Karl Vögtel (geb. 31. Juli 1902 in Mannheim; gest. 18. Mai 1972 in Mettmann) war ein deutscher Metallarbeiter, Kommunist und Widerstandskämpfer gegen den Faschismus.

Leben[Bearbeiten | Quelltext bearbeiten]

Mannheim 1902–1931[Bearbeiten | Quelltext bearbeiten]

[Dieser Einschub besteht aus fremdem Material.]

// The rows of level 0: their cells, and their flags.
ghost use Rattle.std.specs.Prelude.{◌≡◌, ◌+◌, ◌-◌, ◌*◌, ◌≤◌, length};
ghost use Rattle.header.specs.Headers.{header_of};
ghost use Rattle.mesh.specs.Picture.{row_words};
ghost use Rattle.edit_laws.specs.Built.{each_row, ground_row};
ghost use Rattle.table.specs.Plain.{Plain};

use anew::pass::Pass;
use header::{Header, has_cell};
use table::words::{FLAGS, INDEX_I, INDEX_J, word};
use table::writes::put;

// The row n is a cell, if the rectangle has it.
fn put_cell(t: &mut [i32], header: Header, n: usize)
    requires { n * row_words + row_words ≤ length t.old }
    ensures { t.new ≡ ground_row (header_of header).grid t.old n }
{
    let i = word(t, n, INDEX_I);
    let j = word(t, n, INDEX_J);
    if has_cell(header, i, j) {
        put(t, n, FLAGS, 1);
    }
}

// The rows from a up to b that the rectangle has are cells.
pub fn put_ground(t: &mut [i32], header: Header, a: usize, b: usize)
    requires { (b * row_words ≤ length t.old) × (a ≤ b) }
    ensures { t.new ≡ each_row (ground_row (header_of header).grid) (b - a) a t.old }
{
    for n in a..b {
        put_cell(t, header, n);
    }
}

// Of the rows from a up to b, what a pass works out anew.
pub fn pass_rows<P: Pass>(t: &mut [i32], cap: usize, pass: P, a: usize, b: usize)
    requires { Plain t.old cap × (a ≤ b) × (b ≤ cap + 1) }
    ensures { (t.new ≡ each_row (P.step pass cap) (b - a) a t.old) × Plain t.new cap }
{
    for n in a..b {
        pass.row(t, cap, n);
    }
}
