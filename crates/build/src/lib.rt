// The table and the values of a build.
#![tactic(auto)]

ghost use Rattle.std.specs.Prelude.{◌≡◌, ◌+◌, ◌*◌, ◌≤◌, length};
ghost use Rattle.header.specs.Headers.{header_of, lent_of};
ghost use Rattle.mesh.specs.Picture.{row_words};
ghost use Rattle.mesh.specs.Build.{numbered};
ghost use Rattle.build.specs.BuildSteps.{Made};
ghost use Rattle.mesh.specs.Call.{Rectangle};

use crate::plan::Plan;
use anew::pass::{Points, Walls};
use header::Header;

pub mod fill;
pub mod ground;
pub mod grow;
pub mod plan;
pub mod seam;

// Writes the whole table and every value; the numbers in use.
pub fn build_table(t: &mut [i32], v: &mut [f64], cap: usize, header: Header) -> usize
    requires { (length t.old ≡ (cap + 1) * row_words) × (length v.old ≡ cap + 1) × (5 ≤ cap) × (cap ≤ 4095) × Rectangle (header_of header).grid × (length (numbered (header_of header).grid) ≤ cap) }
    ensures { Made cap (lent_of header t.new v.new) result }
{
    let d = header::ground_depth(header);
    fill::root_table(t, cap, d);
    let r = grow::grow_levels(t, Plan { cap, header, d });
    seam::seam_rows(t, cap, header, d, r.ground, r.next);
    ground::put_ground(t, header, r.ground, r.next);
    ground::pass_rows(t, cap, Walls { d }, r.ground, r.next);
    ground::pass_rows(t, cap, Points, r.ground, r.next);
    v.fill(0.0);
    r.next - 1
}
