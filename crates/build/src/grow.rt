// The patches of the full rectangle, level by level from the root.
ghost use Rattle.std.specs.Prelude.{◌≡◌, ◌+◌, ◌-◌, ◌<◌, ◌≤◌};
ghost use Rattle.header.specs.Headers.{header_of};
ghost use Rattle.winds.specs.WindTable.{kid_l, kid_m};
ghost use Rattle.table.specs.Plain.{Plain, Sized};
ghost use Rattle.edit_laws.specs.Built.{in_full, grow, grow_kids, grow_level};
ghost use Rattle.build.specs.BuildSteps.{growth, in_turn, Reached};
ghost use Rattle.edit_laws.specs.BuildSoFar.{Able, KidsToGrow, LevelToGrow, LevelsToGrow};

use crate::plan::Plan;
use header::{Header, last_j};
use patch::links::link_in;
use table::words::{INDEX_I, INDEX_J, word};
use winds::{NE, NW, SE, SW, kid_digits};

// Whether a place is a patch of the full rectangle, so many levels below level 0.
fn in_full(header: Header, up: u32, i: u32, j: u32) -> bool
    requires { (up < 32) × (1 ≤ header.rows) }
    ensures { result ≡ in_full (header_of header).grid up i j }
{
    (i <= header.columns >> up) & (j <= last_j(header) >> up)
}

// The kid of the row p in the wind at place w of the table of winds, where the rectangle has it; the next number.
fn grow_kid(t: &mut [i32], plan: Plan, up: u32, p: usize, w: usize, next: usize) -> usize
    requires { Plain t.old plan.cap × (w < 4) × Able (header_of plan.header).grid plan.cap plan.d up p (kid_l w) (kid_m w) (growth t.old next) }
    ensures { growth t.new result ≡ grow (header_of plan.header).grid plan.cap plan.d up p (kid_l w) (kid_m w) (growth t.old next) }
{
    let kid = kid_digits(w);
    let i = 2 * word(t, p, INDEX_I) + kid.l;
    let j = 2 * word(t, p, INDEX_J) + kid.m;
    if !in_full(plan.header, up, i, j) {
        return next;
    }
    link_in(t, plan.cap, plan.d, p, kid.l, kid.m, next);
    next + 1
}

// The four kids of the row p, in the order SW, NW, SE, NE.
fn grow_kids(t: &mut [i32], plan: Plan, up: u32, p: usize, next: usize) -> usize
    requires { Sized t.old plan.cap × KidsToGrow (header_of plan.header).grid plan.cap up p in_turn (growth t.old next) }
    ensures { growth t.new result ≡ grow_kids (header_of plan.header).grid plan.cap plan.d up p (growth t.old next) }
{
    let a = grow_kid(t, plan, up, p, SW, next);
    let b = grow_kid(t, plan, up, p, NW, a);
    let c = grow_kid(t, plan, up, p, SE, b);
    grow_kid(t, plan, up, p, NE, c)
}

// The kids of the rows from p up to the next number.
fn grow_level(t: &mut [i32], plan: Plan, up: u32, p: usize, next: usize) -> usize
    requires { Sized t.old plan.cap × (p ≤ next) × (next ≤ plan.cap + 1) × LevelToGrow (header_of plan.header).grid plan.cap up (next - p) p (growth t.old next) }
    ensures { growth t.new result ≡ grow_level (header_of plan.header).grid plan.cap plan.d up (next - p) p (growth t.old next) }
{
    let mut k = next;
    for q in p..next {
        k = grow_kids(t, plan, up, q, k);
    }
    k
}

// The first number of level 0, and the next number.
#[derive(Clone, Copy)]
pub struct Reach {
    pub ground: usize,
    pub next: usize,
}

// Every level, from the root under number 1 on.
pub fn grow_levels(t: &mut [i32], plan: Plan) -> Reach
    requires { Sized t.old plan.cap × LevelsToGrow (header_of plan.header).grid plan.cap plan.d 1 (growth t.old 2) }
    ensures { Reached (header_of plan.header).grid plan.cap plan.d (growth t.old 2) (growth t.new result.next) result.ground }
{
    let mut r = Reach { ground: 1, next: 2 };
    for up in (0..plan.d).rev() {
        let next = grow_level(t, plan, up, r.ground, r.next);
        r = Reach {
            ground: r.next,
            next,
        };
    }
    r
}
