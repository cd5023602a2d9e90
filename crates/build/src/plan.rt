// What a table is built for.
ghost use Rattle.std.specs.Prelude.{◌≡◌, ◌≤◌};
ghost use Rattle.mesh.specs.Place.{base};
ghost use Rattle.header.specs.Headers.{header_of};

use header::Header;

// Its capacity, its grid, and how many levels stand below level 0.
#[derive(Clone, Copy)]
pub struct Plan {
    pub cap: usize,
    pub header: Header,
    pub d: u32,
    pub ghost depth_is: { d ≡ base (header_of header).grid },
    pub ghost within: { d ≤ 32 },
}
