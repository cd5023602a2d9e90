// The seam of a ring: the first and the last row of level 0 name each other. Their parents are no neighbours, so they are found from the root.
ghost use Rattle.std.specs.Prelude.{◌≡◌, cond, ◌+◌, ◌-◌, ◌<◌, ◌≤◌};
ghost use Rattle.mesh.specs.Place.{is_ring};
ghost use Rattle.header.specs.Headers.{header_of};
ghost use Rattle.table.specs.Plain.{Plain};
ghost use Rattle.edit_laws.specs.Built.{each_row, seam_row};

use header::{Header, is_ring};
use table::words::{INDEX_I, INDEX_J, NORTH, SOUTH, word};
use table::writes::put;
use worked::down::down_to;

// The row n names the one across the seam, if it lies there.
fn seam_row(t: &mut [i32], cap: usize, header: Header, d: u32, n: usize)
    requires { Plain t.old cap × (1 ≤ cap) × (d < 32) × (1 ≤ header.rows) × (n ≤ cap) }
    ensures { (t.new ≡ seam_row (header_of header).grid cap d t.old n) × Plain t.new cap }
{
    let last = header.rows - 1;
    let j = word(t, n, INDEX_J);
    if j == last {
        let i = word(t, n, INDEX_I);
        let north = down_to(t, cap, d, i, 0);
        put(t, n, NORTH, north as u32);
        return;
    }
    if j != 0 {
        return;
    }
    let i = word(t, n, INDEX_I);
    let south = down_to(t, cap, d, i, last);
    put(t, n, SOUTH, south as u32);
}

// The rows from a up to b do, if the grid is a ring.
pub fn seam_rows(t: &mut [i32], cap: usize, header: Header, d: u32, a: usize, b: usize)
    requires { Plain t.old cap × (1 ≤ cap) × (d < 32) × (1 ≤ header.rows) × (a ≤ b) × (b ≤ cap + 1) }
    ensures { t.new ≡ cond (is_ring (header_of header).grid) (each_row (seam_row (header_of header).grid cap d) (b - a) a t.old) t.old }
{
    if !is_ring(header) {
        return;
    }
    for n in a..b {
        seam_row(t, cap, header, d, n);
    }
}
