// A table without a patch, and with the root alone.
ghost use Rattle.std.specs.Prelude.{◌≡◌, ◌+◌, ◌*◌, ◌≤◌, length};
ghost use Rattle.mesh.specs.Picture.{row_words};
ghost use Rattle.edit_laws.specs.Built.{empty_table, root_table};

use table::words::FLAGS;
use table::writes::{clear_row, nil_row, put, put_level};

// Row 0, and every other row free.
fn empty_table(t: &mut [i32], cap: usize)
    requires { (length t.old ≡ (cap + 1) * row_words) × (cap ≤ 4095) }
    ensures { t.new ≡ empty_table cap }
{
    nil_row(t, 0);
    for n in 0..cap {
        clear_row(t, n + 1);
    }
}

// The root under number 1.
pub fn root_table(t: &mut [i32], cap: usize, d: u32)
    requires { (length t.old ≡ (cap + 1) * row_words) × (1 ≤ cap) × (cap ≤ 4095) × (d ≤ 32) }
    ensures { t.new ≡ root_table cap d }
{
    empty_table(t, cap);
    put_level(t, 1, 0, d);
    put(t, 1, FLAGS, 0);
}
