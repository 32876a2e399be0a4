// A stored image read: the bench that bytes give. What an image is, and which refusal comes first, stands in the crate layout.
#![tactic(auto)]

ghost use Rattle.std.specs.Prelude.{◌≡◌, ◌≤◌, ◌&&◌, leb, length};
ghost use Rattle.purse.specs.Tests.{first};
ghost use Rattle.purse.specs.Refusals.{answer_of};
ghost use Rattle.layout.specs.Widths.{head_width};
ghost use Rattle.layout.specs.Head.{marked, purses_in, messages_in, entries_in, head_tests};
ghost use Rattle.layout.specs.Image.{bench_in};
ghost use Rattle.layout.specs.Calls.{held_read};

use bigendian::count_at;
use desk::{Answered, Archive, Desk, Entry, Ether, Held};
use layout::widths::{
    ENTRIES_PLACE, HEAD_WIDTH, MESSAGE_WIDTH, MESSAGES_PLACE, PURSE_WIDTH, PURSES_PLACE,
    VERSION_PLACE,
};
use layout::{VERSION, image_length};
use parts::get_all;
use purse::{Message, Purse, Refusal, refuse_if};
use table::held_ok;

// How many purses, messages and archive entries an image says that it has.
#[derive(Clone, Copy)]
struct Counts {
    purses: u8,
    messages: u16,
    entries: u16,
}

impl Counts {
    #[tactic(auto, using(bigendian::proofs::Numbers::count_there))]
    fn of(s: &[u8]) -> Counts
        requires { head_width ≤ length s.now }
        ensures purses { result.purses ≡ purses_in s.now }
        ensures messages { result.messages ≡ messages_in s.now }
        ensures entries { result.entries ≡ entries_in s.now }
    {
        Counts {
            purses: s[PURSES_PLACE],
            messages: count_at(s, MESSAGES_PLACE),
            entries: count_at(s, ENTRIES_PLACE),
        }
    }

    // 1 to 32 purses, at most 256 messages and 256 archive entries.
    fn are_legal(self) -> bool
        ensures { result ≡ (leb 1 self.purses && leb self.purses 32 && leb self.messages 256 && leb self.entries 256) }
    {
        1 <= self.purses && self.purses <= 32 && self.messages <= 256 && self.entries <= 256
    }
}

// Mark 50 52 53 ("PRS").
fn is_marked(s: &[u8]) -> bool
    requires { head_width ≤ length s.now }
    ensures { result ≡ marked s.now }
{
    s[0] == 0x50 && s[1] == 0x52 && s[2] == 0x53
}

// The head's tests, in the documents' order.
#[tactic(auto, using(bigendian::proofs::Numbers::count_there))]
fn check_head(s: &[u8]) -> Result<(), Refusal>
    ensures { answer_of result ≡ first (head_tests s.now) }
{
    refuse_if(s.len() < HEAD_WIDTH, Refusal::BadLength)?;
    refuse_if(!is_marked(s), Refusal::WrongMark)?;
    refuse_if(count_at(s, VERSION_PLACE) != VERSION, Refusal::WrongVersion)?;
    let n = Counts::of(s);
    refuse_if(!n.are_legal(), Refusal::NotWellFormed)?;
    refuse_if(
        s.len() != image_length(n.purses, n.messages, n.entries),
        Refusal::BadLength,
    )
}

// The bench of an image whose head is right.
// What it holds on the stack is gone when it returns: it is not put in line.
#[inline(never)]
fn get_bench(s: &[u8]) -> Held
    requires { first (head_tests s.now) ≡ 0 }
    ensures { result ≡ bench_in s.now }
{
    let Counts {
        purses,
        messages,
        entries,
    } = Counts::of(s);
    let messages_from = HEAD_WIDTH + PURSE_WIDTH * usize::from(purses);
    let entries_from = messages_from + MESSAGE_WIDTH * usize::from(messages);
    let mut table = [Purse::default(); 32];
    get_all(s, HEAD_WIDTH, u16::from(purses), &mut table);
    let mut sent = [Message::default(); 256];
    get_all(s, messages_from, messages, &mut sent);
    let mut archived = [Entry::default(); 256];
    get_all(s, entries_from, entries, &mut archived);
    Held {
        table,
        desk: Desk {
            purses,
            ether: Ether {
                places: sent,
                count: messages,
            },
            archive: Archive {
                places: archived,
                count: entries,
            },
        },
    }
}

// The bench of an image, whatever was held before; a refusal leaves that.
#[tactic(auto, using(layout::proofs::Trips::read_number_lem), unfolding(layout::specs::Calls::held_read))]
pub fn read(held: Held, bytes: &[u8]) -> Answered
    ensures { result ≡ held_read held bytes.now }
{
    match check_head(bytes) {
        Ok(()) => {
            let found = get_bench(bytes);
            if held_ok(found) {
                Answered {
                    answer: 0,
                    held: found,
                }
            } else {
                Answered {
                    answer: u8::from(Refusal::NotWellFormed),
                    held,
                }
            }
        }
        Err(why) => Answered {
            answer: u8::from(why),
            held,
        },
    }
}
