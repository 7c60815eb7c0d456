//! Each step of the open clearinghouse is a list of moves on tables that show it.
//!
//! Tables show it (specs/Shows) where what each of its readers gives stands in the rows of its name
//! in its epoch: its roster, the root's grant, its last answers, the outcome. Who holds the root's
//! grant, when members were heard and the moment stand in no table.
//!
//! `what_the_house_does_is_moves`: whatever packet comes to an open clearinghouse that is shown,
//! and whatever moment, there are right moves after which it is shown as it is then, with all that
//! it sends; the rows of all other names stay. A Steal is Stealing, a Result Returning, a Join
//! Joining, a Beat Hearing, a Leave Leaving, a moment Moments, and what a changed roster does to
//! the root's grant Settling. A list of workers that changes is published as the next roster
//! (Publishing): nobody is taken off, who was dead or left stays so, and one that is newly left
//! said so, to this epoch, and left to one that lives.

mod laws;

pub use laws::what_the_house_does_is_moves;
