//! The reader: a recursive descent over the tokens of a text. Each function answers what it read
//! and the tokens behind.

mod blocks;
mod expressions;
mod statements;
mod threads;
mod tokens;

pub use threads::program;
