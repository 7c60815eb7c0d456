ghost use Rattle.std.specs.Prelude.{◌≡◌};
ghost use Rattle.one_node.specs.declared.fault.RunFault.TheVariants.{Memory};

use std::alloc::AllocError;
use thiserror::Error;

/// Why a run ends without its outcome.
#[derive(Clone, Copy, PartialEq, Eq, Debug, Error)]
#[error("E{number}", number = self.number())]
pub enum RunFault {
    /// E95: more turns would be needed.
    TurnsSpent,
    /// E62: no frame numbers are left.
    NumbersSpent,
    /// E9: there is no memory.
    Memory,
}

impl RunFault {
    ghost use Rattle.one_node.specs.Errors.{number_of_error};

    /// The number of the error.
    pub fn number(self) -> u8
        ensures { result ≡ number_of_error self }
    {
        match self {
            RunFault::TurnsSpent => ids::error_numbers::RUN_TURNS_SPENT,
            RunFault::NumbersSpent => ids::error_numbers::SPENT,
            RunFault::Memory => ids::error_numbers::MEMORY,
        }
    }
}

impl From<AllocError> for RunFault {
    ghost from_gives = { λ _ e. e ≡ Memory };

    fn from(_refused: AllocError) -> RunFault {
        RunFault::Memory
    }
}
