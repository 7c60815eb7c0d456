ghost use Rattle.one_node.specs.Outcomes.{IsRunOf};

use crate::begin::begun;
use crate::fault::RunFault;
use crate::turn::turn;
use agreement_laws::finished_roots_mean;
use ids::{Outcome, Progress};
use serial_meaning::{CountsTurns, Job, Uncounted};
use std::alloc::Global;

/// The outcome of a job, which is its meaning, in at most so many turns on one node: of the ready
/// frames the newest of the greatest level runs, and each body is one turn. Refused as `TurnsSpent`
/// (E95) where more turns are needed, as `NumbersSpent` (E62) where the number that is next after a
/// turn would pass 2^32 - 1, and as `Memory` (E9) where there is no memory.
pub fn evaluate(alloc: Global, job: &Job, turns: u64) -> Result<Outcome, RunFault>
    ensures { IsRunOf job.now turns result }
{
    evaluate_counted(alloc, job, turns, &mut Uncounted)
}

/// The outcome of a job, as `evaluate` answers it, while somebody counts its turns.
pub fn evaluate_counted<C: CountsTurns>(
    alloc: Global,
    job: &Job,
    turns: u64,
    counter: &mut C,
) -> Result<Outcome, RunFault>
    ensures { IsRunOf job.now turns result }
{
    finished_roots_mean();
    let mut run = begun(alloc, job)?;
    for taken in 0..turns {
        turn(alloc, job, &mut run, counter)?;
        if let Progress::Finished(outcome) = run.content.progress {
            return Ok(outcome);
        }
    }
    Err(RunFault::TurnsSpent)
}
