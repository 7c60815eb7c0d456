//! The clearinghouse of a host.
ghost use Rattle.std.specs.Prelude.{◌≡◌, ◌⊎◌, ◌+◌, ◌<◌, ◌==◌, ℕ, [], Err, IfErr, IfOk, OnOk, length};
ghost use Rattle.checkpoint.specs.Store.{KeepsRecord, ReadsAsStore};
ghost use Rattle.disk.specs.File.{bytes_of};
ghost use Rattle.checkpoint.specs.declared.record.CheckpointRecord.{CheckpointRecord as Stored};
ghost use Rattle.checkpoint.specs.Commit.{next_of};
ghost use Rattle.clearinghouse.specs.Calls as calls;
ghost use Rattle.clearinghouse.specs.Meeting.{HouseMeets, IsOpened, IsRefusedOver, KeepsOneOf};
ghost use Rattle.actors.specs.Actors.{HouseCalled, HouseTells, IsGiven, MeetsStopped};
ghost use Rattle.actors.specs.declared.error.HouseCallError.TheVariants.{Unsent};

use crate::error::HouseCallError;
use crate::outbox::Outbox;
use clearinghouse::{House, HouseError, HouseStep};
use disk::Disk;
use serial_meaning::Job;
use std::alloc::Global;
use std::marker::Model;

/// The clearinghouse of a host, over a disk, and the packets that wait for the host. Contracts see
/// the clearinghouse with its job and its checkpoint's store, and these packets in their order.
///
/// A call that may send is refused where packets wait (`Unsent`), and changes nothing. Else it is
/// one case of the protocol: what the clearinghouse sends waits then, and it is told whether a
/// packet was ignored, or why the clearinghouse refuses the call.
#[derive(Drop)]
pub struct HouseActor<'a, D: Disk> {
    alloc: Global,
    house: House<'a, D>,
    outbox: Outbox,
}

impl<'a, D: Disk> Model for HouseActor<'a, D> {
    ghost use Rattle.task_tree.specs.Codes.{program_codes};
    ghost use Rattle.actors.specs.Actors.{HouseActorOf};

    ghost Value = { HouseActorOf D };

    ghost coded = { Prim.hlevel program_codes };

    ghost view = { λ a. record { on = a.house; waits = a.outbox } };
}

impl<'a, D: Disk> HouseActor<'a, D> {
    /// Opens the clearinghouse of a job over its checkpoint, as `House::open` does. No packet
    /// waits. Refused, it gives the disk back.
    pub fn open(
        alloc: Global,
        job: &'a Job,
        disk: D,
        limit: u64,
    ) -> Result<HouseActor<'a, D>, (HouseError, D)>
        ensures opened { IfOk result (λ a. IsOpened D.device D.planned job.now limit disk a.on × (a.waits ≡ [])) }
        ensures refused { IfErr result (λ e. IsRefusedOver D.device D.planned e.0 job.now disk e.1) }
        ensures alone { IfErr result (λ e. (n : ℕ) (r : Stored)
            → ReadsAsStore (bytes_of (D.device disk).file) n r → r.job ≡ job.now.number
            → (e.0 ≡ HouseError.Device) ⊎ (e.0 ≡ HouseError.Spent)) }
        ensures kept_back { IfErr result (λ e. (n : ℕ) (r : Stored) → KeepsRecord (D.device disk).file n r
            → KeepsOneOf (D.device e.1).file r (next_of r (r.epoch + 1) r.outcome)) }
    {
        let house = House::open(alloc, disk, job, limit)?;
        Ok(HouseActor {
            alloc,
            house,
            outbox: Outbox::new(alloc),
        })
    }

    /// The clearinghouse.
    pub fn house(&self) -> &House<'a, D>
        ensures { result.now ≡ self.now.on }
    {
        &self.house
    }

    /// Whether no packet waits.
    pub fn is_clear(&self) -> bool
        ensures { result ≡ (length self.now.waits == 0) }
    {
        self.outbox.is_empty()
    }

    /// Copies the first packet that waits to a buffer that is long enough, and it waits no longer.
    /// How many bytes it has; 0 where none waits.
    pub fn give(&mut self, buffer: &mut [u8]) -> usize
        ensures given { IsGiven result buffer.old buffer.new self.old.waits self.new.waits }
        ensures house { self.new.on ≡ self.old.on }
    {
        self.outbox.give(buffer)
    }

    /// What comes in a packet's bytes is done: the case of `House::on_bytes`.
    pub fn take(&mut self, bytes: &[u8]) -> Result<bool, HouseCallError>
        ensures unsent { 0 < length self.old.waits → (result ≡ Err Unsent) × (self.new ≡ self.old) }
        ensures called { self.old.waits ≡ [] → HouseCalled (MeetsStopped (HouseMeets D.device D.planned (calls.on_bytes
            self.old.on.job bytes.now self.old.on.state))) result self.old self.new }
    {
        self.check_clear()?;
        let answer = self.house.on_bytes(self.alloc, bytes);
        self.tell(answer)
    }

    /// A moment comes: the case of `House::tick`.
    pub fn tick(&mut self, now: u64) -> Result<bool, HouseCallError>
        ensures unsent { 0 < length self.old.waits → (result ≡ Err Unsent) × (self.new ≡ self.old) }
        ensures called { self.old.waits ≡ [] → HouseCalled (MeetsStopped (HouseMeets D.device D.planned (calls.tick
            self.old.on.job now self.old.on.state))) result self.old self.new }
    {
        self.check_clear()?;
        let answer = self.house.tick(self.alloc, now);
        self.tell(answer)
    }

    /// Gives the disk back.
    pub fn into_disk(self) -> D
        ensures { result ≡ self.entry.on.store.disk }
    {
        let HouseActor { house, .. } = self;
        house.into_disk()
    }

    /// A call that may send is refused where packets wait.
    fn check_clear(&self) -> Result<(), HouseCallError>
        ensures ok { OnOk result (self.now.waits ≡ []) }
        ensures err { IfErr result (λ e. (e ≡ Unsent) × (0 < length self.now.waits)) }
    {
        if self.outbox.is_empty() {
            Ok(())
        } else {
            Err(HouseCallError::Unsent)
        }
    }

    /// What a call sends waits, and what is told of it is answered.
    fn tell(&mut self, answer: Result<HouseStep, HouseError>) -> Result<bool, HouseCallError>
        ensures told { HouseTells answer result self.old.waits self.new.waits }
        ensures house { self.new.on ≡ self.old.on }
    {
        match answer {
            Ok(step) => {
                let HouseStep { sent, ignored } = step;
                self.outbox.keep(sent);
                Ok(ignored)
            }
            Err(error) => Err(HouseCallError::House(error)),
        }
    }
}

Karl Vögtel wuchs in Mannheim auf, besuchte die Volksschule und lernte nach seinem Schulabschluss den Beruf des Maschinenschlossers. 1922 beendete er seine Lehre als Geselle, bestand 1925 die Meisterprüfung. Ein Jahr später trat er in die Kommunistische Partei Deutschlands (KPD) ein. Er war in verschiedenen Mannheimer Betrieben tätig – aufgrund der wirtschaftlichen Lage der Zeit meist nur kurz. Nur in einem Fall sind Auseinandersetzungen mit der Betriebsleitung bekannt. Dort hatte Vögtel in der Betriebszelle der KPD die Funktion des Lit-Obmanns inne, das heißt, er war verantwortlich für die Verteilung von Parteidokumenten und sonstigen Schriften.[1] Außerhalb des Betriebs engagierte sich Vögtel im Arbeiter-Motorrad-Club „Solidarität“.[2]

Er war mit Aloisia (Luise) Lockemann liiert, die 1927 die Meisterprüfung als Schneidermeisterin ablegte. Ihre Familie stammte aus Österreich, war aber schon nach Mannheim gekommen, als Luise noch ein Kind war. 1928 heirateten Luise und Karl Vögtel.[3]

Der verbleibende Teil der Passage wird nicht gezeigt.